Your instructions: Find every line below with the string "PageLink" and pick it out.

Start of Available records

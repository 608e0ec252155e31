ghost use Rattle.std.specs.Prelude.{◌≡◌, [], OnOk, OnErr};
ghost use Rattle.lw_recent.specs.Recent.{IsUnder, Adds, Drops, Moves, AreSince, IsNextAbove};

use crate::entry::{Entry, close_up, entries_above, first_above, make_room, put, take_out};
use crate::since::Since;
use lw_stamp::NoMemory;
use std::alloc::Global;
use std::marker::Model;

/// Places under numbers, in the order of the numbers.
///
/// What moves or is dropped leaves a hole, and the holes are closed up where there is no other room: so a move takes
/// no memory. To file under the greatest number costs a search, and after many moves one walk over all places;
/// under another number it also shifts what is filed above.
#[derive(Drop)]
pub struct Recent {
    entries: Vec<Entry>,
    /// How many places there are, which room is made by.
    count: usize,
}

impl Model for Recent {
    ghost use Rattle.std.specs.Prelude.{ℕ, List};
    ghost use Rattle.std.specs.List.Sorted.{IsNonDecreasingBy};
    ghost use Rattle.lw_recent.specs.Entries.{pairs_in, number_of};

    ghost Value = { List (ℕ × ℕ) };

    ghost view = { λ r. pairs_in r.entries.items };

    ghost invariant = { λ r. IsNonDecreasingBy number_of r.entries.items };
}

impl Recent {
    /// None yet.
    pub fn new(alloc: Global) -> Recent
        ensures { result ≡ [] }
    {
        Recent {
            entries: Vec::new(alloc),
            count: 0,
        }
    }

    /// Files the place under the number.
    pub fn add(&mut self, number: u64, place: u32) -> Result<(), NoMemory>
        ensures added { OnOk result (Adds number place self.old self.new) }
        ensures unchanged { OnErr result (self.new ≡ self.old) }
    {
        make_room(&mut self.entries, self.count)?;
        put(&mut self.entries, number, place);
        self.count = self.count.saturating_add(1);
        Ok(())
    }

    /// Takes the place from under the number.
    pub fn drop_one(&mut self, number: u64, place: u32)
        ensures { Drops number place self.old self.new }
    {
        if take_out(&mut self.entries, number, place) {
            self.count = self.count.saturating_sub(1);
        }
    }

    /// Files the place, which stands under the first number, under the other. It takes no memory.
    pub fn move_to(&mut self, last: u64, number: u64, place: u32)
        requires { IsUnder self.old last place }
        ensures { Moves last number place self.old self.new }
    {
        if !take_out(&mut self.entries, last, place) {
            unreachable!()
        }
        if self.entries.len() == self.entries.capacity() {
            close_up(&mut self.entries);
        }
        put(&mut self.entries, number, place);
    }

    /// The places under the numbers above the given one, or under any.
    pub fn since(&self, number: Option<u64>) -> Since<'_>
        ensures { AreSince number self.now result }
    {
        Since {
            entries: entries_above(&self.entries, number),
        }
    }

    /// The place under the least number above the given one, and that number. Of several under it any may be given.
    pub fn next_above(&self, number: u64) -> Option<(u64, u32)>
        ensures { IsNextAbove number self.now result }
    {
        first_above(&self.entries, number)
    }
}
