//! Listings in JSON.
ghost use Rattle.std.specs.Prelude.{◌≡◌, ◌++◌, ◌∷◌, [], IfOk, OnOk, codes};
ghost use Rattle.std.specs.Option.{option_copied};
ghost use Rattle.json.specs.Token.{begin_object, key, string};
ghost use Rattle.json.specs.Json.{Items, Members};
ghost use Rattle.json.specs.Tree.{json_tokens, items_tokens, members_tokens};
ghost use Rattle.memento_time.specs.Text.{IsClean};
ghost use Rattle.timemap_formats.specs.Dates as spec;
ghost use Rattle.timemap_formats.specs.Json.{memento_json, page_json, memento_item, memento_items, page_item, page_items};
ghost use Rattle.timemap_formats.specs.Json.{first_of, last_of, memento_member, is_index, mementos_json, listed_member};
ghost use Rattle.timemap_formats.specs.Addresses.{timemap_at, itself_at};
ghost use Rattle.timemap_formats.specs.Json.{forms_json, last_members, json_of, json_text};

use crate::addresses::{form_address, timegate_at};
use crate::dates::rfc3339;
use crate::listing::{Head, Listing, PageLink, Row};
use json::{Pretty, Token};
use memento_time::{Clean, DateWriter, Memento, Moment, NoMemory};
use std::alloc::{AllocError, Global};
use std::str;

/// Appends a member whose value is a text.
fn push_text(out: &mut Pretty, name: &str, text: &str) -> Result<(), AllocError>
    ensures { OnOk result (out.new ≡ out.old ++ key name.now ∷ string text.now ∷ []) }
{
    out.token(Token::Key(name))?;
    out.token(Token::String(text))
}

/// A clean text, as a `str`.
fn as_str(text: &[u8]) -> &str
    requires { IsClean text.now }
    ensures { result.now ≡ text.now }
{
    match str::from_utf8(text) {
        Ok(text) => text,
        Err(_) => unreachable!(),
    }
}

/// Appends a member whose value is a datetime.
fn push_date(
    out: &mut Pretty,
    dates: &mut DateWriter,
    name: &str,
    moment: Moment,
) -> Result<(), AllocError>
    ensures { OnOk result (out.new ≡ out.old ++ key name.now ∷ string (spec.rfc3339 moment) ∷ []) }
{
    push_text(out, name, as_str(&rfc3339(dates, moment)))
}

fn push_memento(
    out: &mut Pretty,
    dates: &mut DateWriter,
    memento: &Memento,
) -> Result<(), AllocError>
    ensures { OnOk result (out.new ≡ out.old ++ json_tokens (memento_json memento.now)) }
{
    out.token(Token::BeginObject)?;
    push_date(out, dates, "datetime", memento.at)?;
    push_text(out, "uri", memento.uri.as_str())?;
    out.token(Token::EndObject)?;
    Ok(())
}

fn push_page(
    out: &mut Pretty,
    alloc: Global,
    dates: &mut DateWriter,
    base: &Clean,
    page: &PageLink,
) -> Result<(), NoMemory>
    ensures { OnOk result (out.new ≡ out.old ++ json_tokens (page_json base.now page.now)) }
{
    let address = form_address(alloc, base, "json", &page.place)?;
    out.token(Token::BeginObject)?;
    push_text(out, "uri", address.as_str())?;
    push_date(out, dates, "from", page.from)?;
    push_date(out, dates, "until", page.until)?;
    out.token(Token::EndObject)?;
    Ok(())
}

/// Appends the row's memento, if it is one.
fn push_memento_item(out: &mut Pretty, dates: &mut DateWriter, row: &Row) -> Result<(), AllocError>
    ensures { OnOk result ((more : Items) → out.new ++ items_tokens more
        ≡ out.old ++ items_tokens (memento_item row.now more)) }
{
    match row {
        Row::OfMemento(_, memento) => push_memento(out, dates, memento),
        Row::OfPage(_) => Ok(()),
    }
}

/// Appends the mementos of the rows, and ends the array.
fn push_mementos(out: &mut Pretty, dates: &mut DateWriter, rows: &[Row]) -> Result<(), AllocError>
    ensures { OnOk result (out.new ≡ out.old ++ items_tokens (memento_items rows.now)) }
{
    let mut left = rows;
    while let [row, rest @ ..] = left {
        push_memento_item(out, dates, row)?;
        left = rest;
    }
    out.token(Token::EndArray)
}

/// Appends the row's page, if it is one.
fn push_page_item(
    out: &mut Pretty,
    alloc: Global,
    dates: &mut DateWriter,
    base: &Clean,
    row: &Row,
) -> Result<(), NoMemory>
    ensures { OnOk result ((more : Items) → out.new ++ items_tokens more
        ≡ out.old ++ items_tokens (page_item base.now row.now more)) }
{
    match row {
        Row::OfMemento(_, _) => Ok(()),
        Row::OfPage(page) => push_page(out, alloc, dates, base, page),
    }
}

/// Appends the pages of the rows, and ends the array.
fn push_pages(
    out: &mut Pretty,
    alloc: Global,
    dates: &mut DateWriter,
    base: &Clean,
    rows: &[Row],
) -> Result<(), NoMemory>
    ensures { OnOk result (out.new ≡ out.old ++ items_tokens (page_items base.now rows.now)) }
{
    let mut left = rows;
    while let [row, rest @ ..] = left {
        push_page_item(out, alloc, dates, base, row)?;
        left = rest;
    }
    out.token(Token::EndArray)?;
    Ok(())
}

/// The first of all mementos, if the rows begin with it.
fn first_of(rows: &[Row]) -> Option<&Memento>
    ensures { option_copied result ≡ first_of rows.now }
{
    match rows.first() {
        Some(Row::OfMemento(ends, memento)) if ends.first => Some(memento),
        _ => None,
    }
}

/// The last of all mementos, if the rows end with it.
fn last_of(rows: &[Row]) -> Option<&Memento>
    ensures { option_copied result ≡ last_of rows.now }
{
    match rows.last() {
        Some(Row::OfMemento(ends, memento)) if ends.last => Some(memento),
        _ => None,
    }
}

/// Appends a member with the memento, if there is one.
fn push_if_any(
    out: &mut Pretty,
    dates: &mut DateWriter,
    name: &str,
    memento: Option<&Memento>,
) -> Result<(), AllocError>
    ensures { OnOk result ((more : Members) → out.new ++ members_tokens more
        ≡ out.old ++ members_tokens (memento_member name.now (option_copied memento.entry) more)) }
{
    let Some(memento) = memento else {
        return Ok(());
    };
    out.token(Token::Key(name))?;
    push_memento(out, dates, memento)
}

/// Whether the rows are those of an index.
fn is_index(rows: &[Row]) -> bool
    ensures { result ≡ is_index rows.now }
{
    matches!(rows.first(), Some(Row::OfPage(_)))
}

/// Appends the mementos of the rows, with the first and the last of all.
fn push_mementos_object(
    out: &mut Pretty,
    dates: &mut DateWriter,
    rows: &[Row],
) -> Result<(), AllocError>
    ensures { OnOk result (out.new ≡ out.old ++ json_tokens (mementos_json rows.now)) }
{
    out.token(Token::BeginObject)?;
    out.token(Token::Key("list"))?;
    out.token(Token::BeginArray)?;
    push_mementos(out, dates, rows)?;
    push_if_any(out, dates, "first", first_of(rows))?;
    push_if_any(out, dates, "last", last_of(rows))?;
    out.token(Token::EndObject)
}

/// Appends the member with what the rows list.
fn push_listed(
    out: &mut Pretty,
    alloc: Global,
    dates: &mut DateWriter,
    base: &Clean,
    rows: &[Row],
) -> Result<(), NoMemory>
    ensures { OnOk result ((more : Members) → out.new ++ members_tokens more
        ≡ out.old ++ members_tokens (listed_member base.now rows.now more)) }
{
    if is_index(rows) {
        out.token(Token::Key("pages"))?;
        out.token(Token::BeginArray)?;
        return push_pages(out, alloc, dates, base, rows);
    }
    out.token(Token::Key("mementos"))?;
    push_mementos_object(out, dates, rows)?;
    Ok(())
}

/// Appends a member with the address of the TimeMap in a form.
fn push_form(
    out: &mut Pretty,
    alloc: Global,
    name: &str,
    form: &str,
    head: &Head,
) -> Result<(), NoMemory>
    ensures { OnOk result (out.new ≡ out.old ++ key name.now ∷ string (timemap_at form.now head.now) ∷ []) }
{
    let address = form_address(alloc, &head.base, form, &head.original)?;
    push_text(out, name, address.as_str())?;
    Ok(())
}

/// Appends where the TimeMap stands in each form.
fn push_forms(out: &mut Pretty, alloc: Global, head: &Head) -> Result<(), NoMemory>
    ensures { OnOk result (out.new ≡ out.old ++ json_tokens (forms_json head.now)) }
{
    out.token(Token::BeginObject)?;
    push_form(out, alloc, "link_format", "link", head)?;
    push_form(out, alloc, "json_format", "json", head)?;
    push_form(out, alloc, "cdxj_format", "cdxj", head)?;
    out.token(Token::EndObject)?;
    Ok(())
}

/// Appends the members behind what the rows list, and ends the object.
fn push_last(out: &mut Pretty, alloc: Global, head: &Head) -> Result<(), NoMemory>
    ensures { OnOk result (out.new ≡ out.old ++ members_tokens (last_members head.now)) }
{
    let timegate = timegate_at(alloc, head)?;
    out.token(Token::Key("timemap_uri"))?;
    push_forms(out, alloc, head)?;
    push_text(out, "timegate_uri", timegate.as_str())?;
    out.token(Token::EndObject)?;
    Ok(())
}

/// Begins the object, with the members before what the rows list.
fn push_first(out: &mut Pretty, alloc: Global, head: &Head) -> Result<(), NoMemory>
    ensures { OnOk result (out.new ≡ out.old ++ begin_object ∷ key (codes "original_uri") ∷ string head.now.original
        ∷ key (codes "self") ∷ string (itself_at (codes "json") head.now) ∷ []) }
{
    let itself = form_address(alloc, &head.base, "json", &head.place)?;
    out.token(Token::BeginObject)?;
    push_text(out, "original_uri", head.original.as_str())?;
    push_text(out, "self", itself.as_str())?;
    Ok(())
}

/// Appends the listing.
fn push_listing(out: &mut Pretty, alloc: Global, listing: &Listing) -> Result<(), NoMemory>
    ensures { OnOk result (out.new ≡ out.old ++ json_tokens (json_of listing.now)) }
{
    let mut dates = DateWriter::new();
    let rows = listing.rows.as_slice();
    push_first(out, alloc, &listing.head)?;
    push_listed(out, alloc, &mut dates, &listing.head.base, rows)?;
    push_last(out, alloc, &listing.head)?;
    Ok(())
}

/// The listing in JSON.
#[tactic(auto, unfolding(crate::specs::Json::json_text))]
pub(crate) fn write_json(alloc: Global, listing: &Listing) -> Result<Vec<u8>, NoMemory>
    ensures { IfOk result (λ text. text.items ≡ json_text listing.now) }
{
    let mut out = Pretty::new(alloc);
    push_listing(&mut out, alloc, listing)?;
    Ok(out.into_inner())
}
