//! What a TimeMap, the index of its pages or a page says.
use memento_time::{Clean, Items, Memento, Moment};

/// Whether a memento is the first of all that are shown, and whether it is the last.
#[derive(Clone, Copy, Debug, PartialEq, Eq)]
pub struct Ends {
    pub first: bool,
    pub last: bool,
}

/// A page that an index names.
#[derive(Debug, Drop)]
pub struct PageLink {
    /// What follows `/timemap/link/` in its address: `page/`, its number, a slash and the original.
    pub place: Clean,
    /// The datetime of its first memento.
    pub from: Moment,
    /// The datetime of its last memento.
    pub until: Moment,
}

/// What a link below the head lists.
#[derive(Debug, Drop)]
pub enum Row {
    OfMemento(Ends, Memento),
    OfPage(PageLink),
}

/// Which text it is.
#[derive(Debug, Drop)]
pub struct Head {
    /// The base of the service, such as `http://agg.example`.
    pub base: Clean,
    pub original: Clean,
    /// What follows `/timemap/link/` in the text's own address: the original, or a page's number and the original.
    pub place: Clean,
}

/// What a text lists.
#[derive(Debug, Drop)]
pub struct Listing {
    pub head: Head,
    pub rows: Items<Row>,
}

End of Available records

Written response:
use crate::listing::{Head, Listing, PageLink, Row};
    page: &PageLink,
pub struct PageLink {
    OfPage(PageLink),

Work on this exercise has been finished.